Since exposure is a triad of adjustments (shutter speed, ISO, lens aperture) you can change 1, 2 or all 3 of the triad settings.

If you want 1 more stop of exposure (brighter) you can adjust just one of the 3 by 1 more stop.
Or, you can change 2 of the 3 by 1/2 more stop each for a net gain of 1 stop of exposure.
Or, you can adjust all 3 by 1/3 more stop for a net gain of 1 stop of exposure.

You can also change the triad of settings and have no change in the exposure.
If you change 1 of the 3 settings by 1 stop more exposure and change a 2nd setting by 1 stop less exposure the net change is zero.

Suppose you subtracted a stop of shutter speed to help stop subject motion, you could add a stop of lens aperture to keep the exposure the same. However, adding a stop of aperture will also affect the total DoF by a small amount.

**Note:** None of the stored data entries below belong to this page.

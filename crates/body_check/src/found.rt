//! What reading the lines of a start finds.

/// What reading the lines of a start finds.
#[derive(Clone, Copy, Debug, PartialEq, Eq)]
pub enum Found {
    /// They are those of a lawful body, which has reached this revision.
    Reached(u64),
    /// They aren't, and only as many of them begin one.
    Broken(usize),
}
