//! What is told beside a refusal.

use kube_meta::{Key, Resource};
use std::alloc::Global;
use watch_lines::{BadText, trouble_of};

/// What is told beside a refusal, for who has to find its reason. Nothing is decided by it.
#[derive(Debug, Drop)]
pub enum Finding {
    /// A text is no line or no page.
    Text(BadText),
    /// The row of this key isn't the one that stands.
    Row(Key),
}

/// Notes why a text is no line or no page.
pub(crate) fn find(alloc: Global, resource: Resource, text: &[u8], finding: &mut Option<Finding>) {
    match trouble_of(alloc, resource, text) {
        Ok(bad) => *finding = Some(Finding::Text(bad)),
        Err(_) => {}
    }
}
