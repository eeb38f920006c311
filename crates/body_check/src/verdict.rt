//! What a record of an unknown log is judged to be.

/// What a record of an unknown log is judged to be.
#[derive(Clone, Copy, Debug, PartialEq, Eq)]
pub enum Verdict {
    /// Some log tells all of it. The body begins at `from` and has reached `to`, the least such position; and so many
    /// later lists, `held`, stand at or below that.
    Lawful { from: u64, to: u64, held: u64 },
    /// None tells the first list and all lines. `line` is the greatest number of first lines that one tells with it.
    BadLine { line: u64 },
    /// Some log tells the first list and all lines, but none the list at this place too, with the lists before it, in
    /// the order of revisions; or none tells the first list, at place 0.
    BadList { list: u64 },
}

So, if you don't want the DoF to change you would add a stop of ISO instead, however, adding a stop of ISO will increase by some amount the image noise in the photo.

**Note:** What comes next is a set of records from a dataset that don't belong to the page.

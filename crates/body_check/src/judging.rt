//! The judge.

ghost use Rattle.std.specs.Prelude.{◌≡◌, ◌+◌, ◌≤◌, ◌<◌, ◌^◌, ◌↔◌, IfOk, OnOk, IsTrue, take};
ghost use Rattle.std.specs.BTreeMap.{values};
ghost use Rattle.rev_log.specs.Logs.{end_of};
ghost use Rattle.rev_log.specs.Rows.{Holds};
ghost use Rattle.select_all.specs.Meanings.{IsAtLeast};
ghost use Rattle.watch_rules.specs.Bodies.{IsOpening};
ghost use Rattle.body_check.specs.Courses.{rows_told, untold_at, Admits, IsRanged};
ghost use Rattle.body_check.specs.Judging.{IsJudged, JudgementsAreOne, record_log};
ghost use Rattle.body_check.specs.Moves.{standing};
ghost use Rattle.body_check.specs.Rounds.{IsTriedBy, IsRoundOf};

use crate::Found;
use crate::moves::{Move, above, moves_of};
use crate::openings::read_start;
use kube_meta::{Memory, Resource};
use rev_log::{Revision, Rows, make_changes};
use select_all::Meaning;
use std::alloc::Global;
use std::collections::BTreeMap;
use watch_record::Record;
use watch_rules::Start;

/// What a record is judged to be.
#[derive(Clone, Copy, Debug, PartialEq, Eq)]
pub enum Checked {
    /// Its lines are those of a lawful body that begins at `at`, the least such revision, and reaches `to`, the least
    /// such position.
    Lawful { at: u64, to: u64 },
    /// They are those of none. `line` is the greatest number of first lines that begin a lawful body.
    Unlawful { line: u64 },
}

/// Judges whether the lines of a record are those of a lawful body of its watch.
pub fn check(alloc: Global, case: &Record) -> Result<Checked, Memory>
    ensures { IfOk result (IsJudged case.now) }
{
    let moves = moves_of(alloc, &case.log, &case.ask.selection)?;
    match case.ask.start {
        Start::FromRevision(revision) => Ok(from_one(alloc, case, &moves, revision)),
        Start::FromState(_) | Start::FromHere(_) => from_several(alloc, case, &moves),
    }
}

/// A record has one judgement: so each answer of `check` comes exactly where it holds.
pub fn judgements_are_one()
    ensures { JudgementsAreOne }
{}

// The judgement where the start is at one revision.
fn from_one(alloc: Global, case: &Record, moves: &[Move], revision: u64) -> Checked
    requires start { case.now.ask.start ≡ Start.FromRevision revision }
    requires moves { moves.now ≡ untold_at case.now case.now.first }
    ensures { IsJudged case.now result }
{
    let rows = BTreeMap::new(alloc);
    match read_start(case, revision, &rows, above(moves, revision)) {
        Found::Reached(to) => Checked::Lawful { at: revision, to },
        Found::Broken(line) => Checked::Unlawful { line: line as u64 },
    }
}

// The judgement where it may be at several: the first that reads all lines decides.
fn from_several(alloc: Global, case: &Record, moves: &[Move]) -> Result<Checked, Memory>
    requires ranged { IsRanged case.now.ask.start }
    requires moves { moves.now ≡ untold_at case.now case.now.first }
    ensures { IfOk result (IsJudged case.now) }
{
    let mut rows = BTreeMap::new(alloc);
    let mut rest = moves;
    let mut best = 0;
    let mut at = case.first;
    for place in 0..case.log.len() + 1 {
        match attempt(case, at, &rows, rest, best) {
            Found::Reached(to) => return Ok(Checked::Lawful { at, to }),
            Found::Broken(line) => best = line,
        }
        go_on(&mut rows, &case.log, case.ask.selection.resource, place)?;
        at += 1;
        rest = above(rest, at);
    }
    Ok(Checked::Unlawful { line: best as u64 })
}

// Tries a start, where the best of those before it was this: the position that it reaches, or the best so far.
fn attempt(case: &Record, at: u64, rows: &Rows, rest: &[Move], best: usize) -> Found
    requires ranged { IsRanged case.now.ask.start }
    requires begun { case.now.first ≤ at }
    requires reached { at ≤ end_of (record_log case.now) }
    requires stands { IsOpening (record_log case.now) case.now.ask.selection case.now.ask.start at (rows_told case.now.ask.start case.now.ask.selection (values rows.now)) }
    requires rest { rest.now ≡ untold_at case.now at }
    requires tried { IsTriedBy case.now at best }
    ensures { IsRoundOf case.now at result }
{
    if !admits(case.ask.start, at) {
        return Found::Broken(best);
    }
    match read_start(case, at, rows, rest) {
        Found::Reached(to) => Found::Reached(to),
        Found::Broken(line) => Found::Broken(best.max(line)),
    }
}

// Whether a start may be at a revision of the log.
fn admits(start: Start, at: u64) -> bool
    ensures { IsTrue result ↔ Admits start at }
{
    match start {
        Start::FromState(meaning) | Start::FromHere(meaning) => is_at_least(meaning, at),
        Start::FromRevision(revision) => at == revision,
    }
}

fn is_at_least(meaning: Meaning, at: u64) -> bool
    ensures { IsTrue result ↔ IsAtLeast meaning at }
{
    match meaning {
        Meaning::MostRecent | Meaning::Any => true,
        Meaning::NotOlder(asked) => asked <= at,
        Meaning::Exact(_) => false,
    }
}

// Makes the changes of the revision at a place, if there is one.
fn go_on(rows: &mut Rows, log: &[Revision], resource: Resource, place: usize) -> Result<(), Memory>
    ensures { OnOk result (Holds rows.old (standing resource (take place log.now)) → Holds rows.new (standing resource (take (place + 1) log.now))) }
{
    if place < log.len() {
        make_changes(rows, &log[place], resource)
    } else {
        Ok(())
    }
}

*Note: DSLR cameras are set by default to adjust the exposure settings in 1/3 stop increments.*
Most DSLR cameras let you change that to 1/2 stop or 1 stop increments.
However, the advantage of 1/3 stop step increments is more precise control of exposure.


----------



## gsgary (May 19, 2016)

Novelectro said:


> I just tested something...looking at the same subject with the same focus and making no changes at all, set to aperture priority and the camera selected 40 as the shutter speed and I took a picture.  It was slightly underexposed but definitely right in the ballpark.
> 
> Immediately after I switched to manual, the camera was set to 250 shutter speed and indicated that it was exposed correctly (of course it was very dark).



When you tested it in Aperture priority was the compensation set to zero, you could have easily taken a reading from a different position, it needs to be on a tripod so it meters off the same spot


----------



## petrochemist (May 19, 2016)

Cameras generally do not meter down to the low light levels used for night skies.
Even if the did they would try to make the image average to 18% grey - not what you want!

It's usually best to put the camera in manual mode & set the shutter speed yourself. Anything longer than about 30 seconds (with your camera & lens) will start to show movement of the stars due to the earth's rotation. The '500 rule' gives the maximum to avoid star movement.

The quality of your skies (basically light pollution) will often have a significant effect on how many stars you can see - round here (semi rural England) 'sky glow' is a significant nuance for astronomy.


----------



## Novelectro (May 19, 2016)

gsgary said:


> Novelectro said:
> 
> 
> > I just tested something...looking at the same subject with the same focus and making no changes at all, set to aperture priority and the camera selected 40 as the shutter speed and I took a picture.  It was slightly underexposed but definitely right in the ballpark.
> ...



This was in the exact same spot, aiming at the exact same place, where aperture priority was indicating that "40" appropriate and then immediately switching over to manual, which thought that 250 should be dead centered on the meter.


----------



## Novelectro (May 19, 2016)

petrochemist said:


> Cameras generally do not meter down to the low light levels used for night skies.
> Even if the did they would try to make the image average to 18% grey - not what you want!
> 
> It's usually best to put the camera in manual mode & set the shutter speed yourself. Anything longer than about 30 seconds (with your camera & lens) will start to show movement of the stars due to the earth's rotation. The '500 rule' gives the maximum to avoid star movement.
> ...



I'm not even attempting to take night sky photos yet.  I'm just sitting on my couch aiming at furniture and the meter is dead center when it's way way way underexposed, and when I just try to expose it properly through trial and error, I have to go up to +3 until my histogram is telling me that I am in the right spot.


----------



## gsgary (May 19, 2016)

Novelectro said:


> gsgary said:
> 
> 
> > Novelectro said:
> ...


In your post you said you were using +3 compensation this would account for the difference 

Sent from my SM-G903F using Tapatalk


----------



## Novelectro (May 19, 2016)

wfooshee said:


> That lens does not communicate electronically with the camera, and metering must be done stopped down. If you can't do stopped-down metering with your camera, then you have some arithmetic to do. Meter at _f_:2, which is wide open, then adjust your reading for what you want to set your aperture to. If you want _f_:8, for example, then whatever it meters for your shutter speed when it's wide open, you need to lengthen by 4 stops, since _f_:8 is four stops under _f_:2.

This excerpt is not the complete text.